** WORK ITEM **
Take each line of the entries below that contains "BinaryExpression" and copy it.
§ §
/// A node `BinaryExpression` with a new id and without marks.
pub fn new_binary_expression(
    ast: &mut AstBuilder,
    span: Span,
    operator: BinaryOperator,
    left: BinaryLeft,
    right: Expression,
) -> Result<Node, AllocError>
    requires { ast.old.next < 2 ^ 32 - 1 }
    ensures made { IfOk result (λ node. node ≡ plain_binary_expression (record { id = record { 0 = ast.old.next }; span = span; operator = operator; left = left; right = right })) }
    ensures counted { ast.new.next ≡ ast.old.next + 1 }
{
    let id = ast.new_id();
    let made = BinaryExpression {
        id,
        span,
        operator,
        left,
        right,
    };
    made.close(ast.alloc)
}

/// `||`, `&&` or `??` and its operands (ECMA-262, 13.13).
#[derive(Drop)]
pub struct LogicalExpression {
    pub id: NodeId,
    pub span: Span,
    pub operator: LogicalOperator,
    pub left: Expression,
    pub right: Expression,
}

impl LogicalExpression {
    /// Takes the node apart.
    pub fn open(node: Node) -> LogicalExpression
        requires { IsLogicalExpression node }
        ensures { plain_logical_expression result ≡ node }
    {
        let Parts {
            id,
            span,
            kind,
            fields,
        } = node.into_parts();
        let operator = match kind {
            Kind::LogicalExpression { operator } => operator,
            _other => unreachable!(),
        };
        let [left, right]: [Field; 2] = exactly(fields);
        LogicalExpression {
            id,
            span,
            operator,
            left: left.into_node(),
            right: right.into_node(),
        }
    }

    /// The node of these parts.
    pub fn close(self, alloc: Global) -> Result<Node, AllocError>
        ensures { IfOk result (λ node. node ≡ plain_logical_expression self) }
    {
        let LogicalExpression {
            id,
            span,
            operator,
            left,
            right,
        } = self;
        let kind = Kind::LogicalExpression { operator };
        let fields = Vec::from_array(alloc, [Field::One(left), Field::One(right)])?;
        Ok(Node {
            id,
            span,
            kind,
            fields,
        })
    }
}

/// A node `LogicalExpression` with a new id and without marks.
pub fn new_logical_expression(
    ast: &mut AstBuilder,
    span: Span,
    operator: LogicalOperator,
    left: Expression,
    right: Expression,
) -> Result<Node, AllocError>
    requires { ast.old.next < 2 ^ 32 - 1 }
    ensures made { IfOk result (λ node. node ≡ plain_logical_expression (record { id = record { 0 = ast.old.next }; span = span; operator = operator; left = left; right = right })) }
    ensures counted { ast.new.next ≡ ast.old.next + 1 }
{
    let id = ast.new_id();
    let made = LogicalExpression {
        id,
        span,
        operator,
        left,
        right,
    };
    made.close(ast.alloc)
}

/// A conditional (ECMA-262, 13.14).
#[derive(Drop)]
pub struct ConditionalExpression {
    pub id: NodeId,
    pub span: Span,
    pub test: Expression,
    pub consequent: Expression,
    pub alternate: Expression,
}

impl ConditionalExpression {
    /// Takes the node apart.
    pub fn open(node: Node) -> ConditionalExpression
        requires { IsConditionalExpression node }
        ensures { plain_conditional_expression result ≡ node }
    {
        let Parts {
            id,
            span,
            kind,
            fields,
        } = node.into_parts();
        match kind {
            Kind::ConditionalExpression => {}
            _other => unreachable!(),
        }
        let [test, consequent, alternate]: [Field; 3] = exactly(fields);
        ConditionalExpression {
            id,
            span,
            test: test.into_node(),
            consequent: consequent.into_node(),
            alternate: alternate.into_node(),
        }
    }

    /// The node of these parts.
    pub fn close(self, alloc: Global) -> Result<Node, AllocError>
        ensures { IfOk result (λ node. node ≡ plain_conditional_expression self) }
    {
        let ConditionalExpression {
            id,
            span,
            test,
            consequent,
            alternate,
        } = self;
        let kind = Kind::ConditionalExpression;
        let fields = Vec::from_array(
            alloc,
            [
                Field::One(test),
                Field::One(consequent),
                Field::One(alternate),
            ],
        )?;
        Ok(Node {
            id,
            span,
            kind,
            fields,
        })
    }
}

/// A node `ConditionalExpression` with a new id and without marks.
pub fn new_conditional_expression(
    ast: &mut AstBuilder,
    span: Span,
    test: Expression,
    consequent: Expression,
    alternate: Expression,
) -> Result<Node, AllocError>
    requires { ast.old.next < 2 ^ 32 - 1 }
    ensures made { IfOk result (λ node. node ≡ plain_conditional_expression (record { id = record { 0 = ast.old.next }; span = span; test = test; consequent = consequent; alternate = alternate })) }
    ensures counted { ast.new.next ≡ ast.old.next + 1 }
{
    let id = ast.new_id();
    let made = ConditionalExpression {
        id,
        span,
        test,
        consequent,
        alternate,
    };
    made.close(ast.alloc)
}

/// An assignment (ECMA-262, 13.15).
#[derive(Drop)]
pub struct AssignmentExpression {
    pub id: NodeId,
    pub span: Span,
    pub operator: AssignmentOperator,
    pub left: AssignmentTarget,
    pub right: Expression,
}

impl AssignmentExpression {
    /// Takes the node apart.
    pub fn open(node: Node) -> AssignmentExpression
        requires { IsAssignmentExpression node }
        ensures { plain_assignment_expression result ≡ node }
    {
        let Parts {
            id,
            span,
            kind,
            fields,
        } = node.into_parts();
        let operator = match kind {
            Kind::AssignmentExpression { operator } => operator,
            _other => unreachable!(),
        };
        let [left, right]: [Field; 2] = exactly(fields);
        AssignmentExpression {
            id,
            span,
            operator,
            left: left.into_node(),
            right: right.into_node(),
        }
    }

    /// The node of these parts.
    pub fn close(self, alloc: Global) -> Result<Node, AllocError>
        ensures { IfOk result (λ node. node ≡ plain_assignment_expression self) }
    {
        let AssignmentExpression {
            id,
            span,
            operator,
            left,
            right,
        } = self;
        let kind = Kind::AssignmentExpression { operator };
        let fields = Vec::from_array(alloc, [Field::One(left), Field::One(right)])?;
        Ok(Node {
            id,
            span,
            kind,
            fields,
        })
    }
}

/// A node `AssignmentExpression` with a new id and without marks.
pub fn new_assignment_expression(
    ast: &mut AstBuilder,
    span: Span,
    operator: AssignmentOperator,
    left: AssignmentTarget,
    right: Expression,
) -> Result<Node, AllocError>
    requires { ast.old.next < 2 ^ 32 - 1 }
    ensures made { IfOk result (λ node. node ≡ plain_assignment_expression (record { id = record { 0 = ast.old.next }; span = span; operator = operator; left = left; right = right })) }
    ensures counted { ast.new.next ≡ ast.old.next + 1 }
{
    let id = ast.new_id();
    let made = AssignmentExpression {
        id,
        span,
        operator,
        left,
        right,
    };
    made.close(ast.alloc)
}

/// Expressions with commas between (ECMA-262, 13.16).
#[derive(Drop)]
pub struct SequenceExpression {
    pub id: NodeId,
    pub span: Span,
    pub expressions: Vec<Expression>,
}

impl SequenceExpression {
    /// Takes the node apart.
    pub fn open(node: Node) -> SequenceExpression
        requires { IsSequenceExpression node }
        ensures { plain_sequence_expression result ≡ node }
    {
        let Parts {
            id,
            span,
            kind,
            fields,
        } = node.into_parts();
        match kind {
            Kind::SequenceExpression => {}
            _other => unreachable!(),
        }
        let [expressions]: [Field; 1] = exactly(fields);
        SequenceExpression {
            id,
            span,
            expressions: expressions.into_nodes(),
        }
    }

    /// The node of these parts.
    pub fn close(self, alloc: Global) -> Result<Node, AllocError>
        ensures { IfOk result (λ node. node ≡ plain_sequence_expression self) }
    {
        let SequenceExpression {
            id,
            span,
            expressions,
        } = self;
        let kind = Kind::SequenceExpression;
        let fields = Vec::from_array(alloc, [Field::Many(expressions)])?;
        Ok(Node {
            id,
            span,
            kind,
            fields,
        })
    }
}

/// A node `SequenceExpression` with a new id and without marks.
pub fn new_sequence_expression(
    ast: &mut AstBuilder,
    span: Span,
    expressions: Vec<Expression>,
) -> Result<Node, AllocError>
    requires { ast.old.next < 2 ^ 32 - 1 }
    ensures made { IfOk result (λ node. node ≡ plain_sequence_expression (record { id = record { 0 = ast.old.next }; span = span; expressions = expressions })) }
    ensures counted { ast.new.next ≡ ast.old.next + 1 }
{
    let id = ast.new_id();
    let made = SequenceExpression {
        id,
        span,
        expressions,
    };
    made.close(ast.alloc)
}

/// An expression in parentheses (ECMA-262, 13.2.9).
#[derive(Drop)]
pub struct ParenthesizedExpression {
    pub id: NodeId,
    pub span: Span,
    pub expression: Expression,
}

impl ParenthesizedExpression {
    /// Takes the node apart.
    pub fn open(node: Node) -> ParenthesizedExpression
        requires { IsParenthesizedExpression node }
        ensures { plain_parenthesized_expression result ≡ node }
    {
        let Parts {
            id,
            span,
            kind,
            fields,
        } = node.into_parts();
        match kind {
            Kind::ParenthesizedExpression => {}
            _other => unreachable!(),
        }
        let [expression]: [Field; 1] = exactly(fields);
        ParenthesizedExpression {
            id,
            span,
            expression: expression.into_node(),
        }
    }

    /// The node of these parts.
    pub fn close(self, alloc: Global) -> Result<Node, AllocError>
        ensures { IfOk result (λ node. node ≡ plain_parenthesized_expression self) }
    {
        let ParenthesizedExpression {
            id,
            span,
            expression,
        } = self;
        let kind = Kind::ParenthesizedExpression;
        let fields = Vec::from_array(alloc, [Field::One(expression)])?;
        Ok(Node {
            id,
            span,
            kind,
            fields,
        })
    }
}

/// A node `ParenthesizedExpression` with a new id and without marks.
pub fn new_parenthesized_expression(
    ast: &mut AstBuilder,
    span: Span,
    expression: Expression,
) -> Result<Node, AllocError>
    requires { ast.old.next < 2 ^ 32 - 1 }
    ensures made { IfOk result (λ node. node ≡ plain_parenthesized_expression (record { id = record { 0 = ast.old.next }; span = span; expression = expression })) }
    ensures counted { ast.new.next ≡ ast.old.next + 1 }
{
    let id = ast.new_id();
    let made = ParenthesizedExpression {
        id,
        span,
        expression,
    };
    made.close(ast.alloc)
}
§ §
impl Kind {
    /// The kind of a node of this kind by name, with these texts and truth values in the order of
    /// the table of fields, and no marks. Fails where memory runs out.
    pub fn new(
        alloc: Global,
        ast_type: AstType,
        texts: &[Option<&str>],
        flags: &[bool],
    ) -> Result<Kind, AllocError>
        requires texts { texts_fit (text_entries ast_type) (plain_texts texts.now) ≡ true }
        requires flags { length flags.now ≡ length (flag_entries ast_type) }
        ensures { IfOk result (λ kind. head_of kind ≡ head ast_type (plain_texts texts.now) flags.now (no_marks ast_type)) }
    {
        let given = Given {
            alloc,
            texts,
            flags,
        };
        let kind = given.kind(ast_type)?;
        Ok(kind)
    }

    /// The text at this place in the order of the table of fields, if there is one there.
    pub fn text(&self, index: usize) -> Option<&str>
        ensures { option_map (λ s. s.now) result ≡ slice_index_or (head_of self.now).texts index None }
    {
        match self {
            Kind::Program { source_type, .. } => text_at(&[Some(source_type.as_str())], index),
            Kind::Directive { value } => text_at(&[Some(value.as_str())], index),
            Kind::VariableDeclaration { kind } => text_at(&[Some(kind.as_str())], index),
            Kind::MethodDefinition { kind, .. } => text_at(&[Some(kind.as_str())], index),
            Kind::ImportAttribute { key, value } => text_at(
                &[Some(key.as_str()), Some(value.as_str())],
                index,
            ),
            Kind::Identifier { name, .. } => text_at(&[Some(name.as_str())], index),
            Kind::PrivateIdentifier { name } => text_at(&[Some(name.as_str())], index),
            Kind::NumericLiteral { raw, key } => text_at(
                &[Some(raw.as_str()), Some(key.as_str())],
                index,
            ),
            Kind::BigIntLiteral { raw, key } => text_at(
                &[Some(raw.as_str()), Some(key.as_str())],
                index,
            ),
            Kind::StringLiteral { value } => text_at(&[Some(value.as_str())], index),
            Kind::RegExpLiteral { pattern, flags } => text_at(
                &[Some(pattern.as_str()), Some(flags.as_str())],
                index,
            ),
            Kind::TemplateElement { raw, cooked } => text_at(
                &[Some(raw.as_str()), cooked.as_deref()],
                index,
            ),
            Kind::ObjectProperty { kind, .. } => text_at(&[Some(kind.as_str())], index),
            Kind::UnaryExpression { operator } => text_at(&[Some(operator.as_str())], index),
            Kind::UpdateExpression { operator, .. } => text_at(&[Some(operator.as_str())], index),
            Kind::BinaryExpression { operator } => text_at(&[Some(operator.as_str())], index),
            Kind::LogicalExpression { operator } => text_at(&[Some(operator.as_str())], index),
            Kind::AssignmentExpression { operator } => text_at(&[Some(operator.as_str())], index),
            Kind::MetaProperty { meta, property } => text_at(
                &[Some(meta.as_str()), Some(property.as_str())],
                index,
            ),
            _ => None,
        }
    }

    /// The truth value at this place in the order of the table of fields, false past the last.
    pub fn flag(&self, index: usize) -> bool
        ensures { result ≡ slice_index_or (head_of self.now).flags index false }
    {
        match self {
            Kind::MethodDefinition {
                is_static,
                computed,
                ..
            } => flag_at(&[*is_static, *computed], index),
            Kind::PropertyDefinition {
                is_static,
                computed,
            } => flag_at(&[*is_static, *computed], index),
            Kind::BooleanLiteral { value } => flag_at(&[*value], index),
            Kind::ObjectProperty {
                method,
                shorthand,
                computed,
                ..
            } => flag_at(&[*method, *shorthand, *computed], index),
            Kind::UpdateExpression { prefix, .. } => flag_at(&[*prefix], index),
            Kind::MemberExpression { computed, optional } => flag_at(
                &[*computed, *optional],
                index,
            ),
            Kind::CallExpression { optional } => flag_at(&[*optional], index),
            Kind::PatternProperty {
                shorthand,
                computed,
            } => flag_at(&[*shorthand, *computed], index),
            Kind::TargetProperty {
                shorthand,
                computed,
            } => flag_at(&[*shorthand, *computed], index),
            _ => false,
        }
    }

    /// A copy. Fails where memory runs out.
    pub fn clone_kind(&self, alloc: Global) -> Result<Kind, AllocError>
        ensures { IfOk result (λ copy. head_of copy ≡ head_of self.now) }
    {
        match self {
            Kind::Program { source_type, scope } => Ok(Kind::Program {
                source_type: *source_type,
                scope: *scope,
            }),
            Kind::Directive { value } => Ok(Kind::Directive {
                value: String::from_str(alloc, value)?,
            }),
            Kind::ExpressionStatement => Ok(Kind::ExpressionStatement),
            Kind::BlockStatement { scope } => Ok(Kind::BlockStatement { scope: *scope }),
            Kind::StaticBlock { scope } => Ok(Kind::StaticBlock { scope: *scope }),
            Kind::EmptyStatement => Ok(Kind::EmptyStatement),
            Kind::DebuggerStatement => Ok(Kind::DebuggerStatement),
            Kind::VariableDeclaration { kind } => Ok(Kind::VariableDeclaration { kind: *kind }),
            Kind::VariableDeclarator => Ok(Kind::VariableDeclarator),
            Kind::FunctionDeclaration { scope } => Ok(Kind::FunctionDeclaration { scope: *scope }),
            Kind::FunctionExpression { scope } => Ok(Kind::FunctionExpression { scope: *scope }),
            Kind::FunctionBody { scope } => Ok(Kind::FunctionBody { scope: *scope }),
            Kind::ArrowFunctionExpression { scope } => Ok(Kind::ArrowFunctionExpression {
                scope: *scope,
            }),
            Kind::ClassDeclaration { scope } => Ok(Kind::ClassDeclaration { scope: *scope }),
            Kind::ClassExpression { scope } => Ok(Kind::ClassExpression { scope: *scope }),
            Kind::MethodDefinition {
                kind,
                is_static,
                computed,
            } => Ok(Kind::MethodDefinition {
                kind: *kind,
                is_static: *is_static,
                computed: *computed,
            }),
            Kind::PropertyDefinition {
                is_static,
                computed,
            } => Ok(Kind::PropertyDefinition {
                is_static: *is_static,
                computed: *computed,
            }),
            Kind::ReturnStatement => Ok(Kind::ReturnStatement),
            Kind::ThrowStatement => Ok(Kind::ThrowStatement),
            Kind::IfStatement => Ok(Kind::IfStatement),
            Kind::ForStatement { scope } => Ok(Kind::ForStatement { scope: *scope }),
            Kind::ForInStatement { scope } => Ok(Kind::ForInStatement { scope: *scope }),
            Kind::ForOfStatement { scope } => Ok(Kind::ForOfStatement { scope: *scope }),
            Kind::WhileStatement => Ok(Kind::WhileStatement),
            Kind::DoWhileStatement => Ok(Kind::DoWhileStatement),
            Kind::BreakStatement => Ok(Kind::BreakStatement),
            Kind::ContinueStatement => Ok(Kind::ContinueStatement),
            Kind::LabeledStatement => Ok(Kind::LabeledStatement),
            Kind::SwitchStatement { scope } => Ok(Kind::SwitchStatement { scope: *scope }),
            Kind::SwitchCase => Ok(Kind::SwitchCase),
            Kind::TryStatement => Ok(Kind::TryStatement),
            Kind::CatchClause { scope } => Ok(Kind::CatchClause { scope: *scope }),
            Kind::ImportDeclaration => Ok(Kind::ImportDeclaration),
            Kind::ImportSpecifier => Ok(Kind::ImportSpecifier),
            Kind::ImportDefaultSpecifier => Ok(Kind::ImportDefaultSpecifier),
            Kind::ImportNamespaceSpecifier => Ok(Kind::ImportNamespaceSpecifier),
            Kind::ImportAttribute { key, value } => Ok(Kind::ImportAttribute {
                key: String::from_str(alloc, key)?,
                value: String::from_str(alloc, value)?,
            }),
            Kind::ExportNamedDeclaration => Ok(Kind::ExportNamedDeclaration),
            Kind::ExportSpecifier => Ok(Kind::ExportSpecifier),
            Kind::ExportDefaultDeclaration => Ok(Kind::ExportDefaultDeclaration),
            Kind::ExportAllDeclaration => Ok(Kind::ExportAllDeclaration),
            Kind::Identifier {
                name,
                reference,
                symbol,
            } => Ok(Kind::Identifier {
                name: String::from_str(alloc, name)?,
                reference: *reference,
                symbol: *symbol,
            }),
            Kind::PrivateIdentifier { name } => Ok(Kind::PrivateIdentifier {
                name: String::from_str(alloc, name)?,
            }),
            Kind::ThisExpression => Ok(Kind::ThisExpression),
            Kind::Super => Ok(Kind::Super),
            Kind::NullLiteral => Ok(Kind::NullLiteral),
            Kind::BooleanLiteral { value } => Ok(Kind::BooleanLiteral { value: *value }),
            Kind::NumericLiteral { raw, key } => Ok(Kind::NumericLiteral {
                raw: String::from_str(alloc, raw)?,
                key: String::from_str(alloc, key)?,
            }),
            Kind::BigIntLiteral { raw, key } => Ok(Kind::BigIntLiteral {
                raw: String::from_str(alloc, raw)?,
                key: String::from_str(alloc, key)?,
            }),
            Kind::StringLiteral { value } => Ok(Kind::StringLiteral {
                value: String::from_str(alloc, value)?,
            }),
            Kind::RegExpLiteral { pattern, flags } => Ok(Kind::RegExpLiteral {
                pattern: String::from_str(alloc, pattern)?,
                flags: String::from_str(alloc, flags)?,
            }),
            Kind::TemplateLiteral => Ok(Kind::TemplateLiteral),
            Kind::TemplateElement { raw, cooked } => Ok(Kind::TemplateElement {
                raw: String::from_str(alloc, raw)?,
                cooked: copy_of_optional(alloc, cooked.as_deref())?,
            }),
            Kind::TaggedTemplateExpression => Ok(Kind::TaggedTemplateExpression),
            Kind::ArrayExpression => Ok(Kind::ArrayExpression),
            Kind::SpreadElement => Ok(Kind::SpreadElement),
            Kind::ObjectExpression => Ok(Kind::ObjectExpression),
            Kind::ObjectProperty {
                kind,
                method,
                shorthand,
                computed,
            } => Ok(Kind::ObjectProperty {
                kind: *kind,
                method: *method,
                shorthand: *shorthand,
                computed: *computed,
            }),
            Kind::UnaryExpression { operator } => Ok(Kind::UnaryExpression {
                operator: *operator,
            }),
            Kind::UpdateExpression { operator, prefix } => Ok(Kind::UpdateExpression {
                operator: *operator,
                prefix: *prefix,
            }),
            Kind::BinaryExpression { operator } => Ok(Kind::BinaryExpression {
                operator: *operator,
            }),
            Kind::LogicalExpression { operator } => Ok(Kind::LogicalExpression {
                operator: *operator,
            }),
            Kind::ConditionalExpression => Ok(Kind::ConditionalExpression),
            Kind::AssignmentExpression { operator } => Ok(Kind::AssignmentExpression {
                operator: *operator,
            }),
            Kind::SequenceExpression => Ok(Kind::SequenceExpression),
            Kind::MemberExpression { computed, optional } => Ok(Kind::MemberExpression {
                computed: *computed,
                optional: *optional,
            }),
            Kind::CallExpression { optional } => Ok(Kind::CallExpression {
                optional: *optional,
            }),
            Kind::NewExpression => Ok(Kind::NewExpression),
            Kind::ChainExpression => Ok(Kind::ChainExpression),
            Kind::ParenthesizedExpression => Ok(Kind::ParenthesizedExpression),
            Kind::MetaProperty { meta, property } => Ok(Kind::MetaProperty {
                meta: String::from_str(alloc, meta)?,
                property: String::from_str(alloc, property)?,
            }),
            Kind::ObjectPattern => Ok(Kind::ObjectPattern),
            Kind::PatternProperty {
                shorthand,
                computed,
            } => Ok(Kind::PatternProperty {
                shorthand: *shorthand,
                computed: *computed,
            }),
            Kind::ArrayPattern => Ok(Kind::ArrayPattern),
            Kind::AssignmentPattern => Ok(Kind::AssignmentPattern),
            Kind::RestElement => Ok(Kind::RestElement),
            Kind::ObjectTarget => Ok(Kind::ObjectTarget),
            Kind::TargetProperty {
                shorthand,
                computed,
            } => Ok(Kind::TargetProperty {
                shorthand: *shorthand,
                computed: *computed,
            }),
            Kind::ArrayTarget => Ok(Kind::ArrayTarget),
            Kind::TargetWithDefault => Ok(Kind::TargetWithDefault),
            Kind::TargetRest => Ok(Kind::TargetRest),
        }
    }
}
§ §
** TASK SOLUTION **
/// A node `BinaryExpression` with a new id and without marks.
    let made = BinaryExpression {
            Kind::BinaryExpression { operator } => text_at(&[Some(operator.as_str())], index),
            Kind::BinaryExpression { operator } => Ok(Kind::BinaryExpression {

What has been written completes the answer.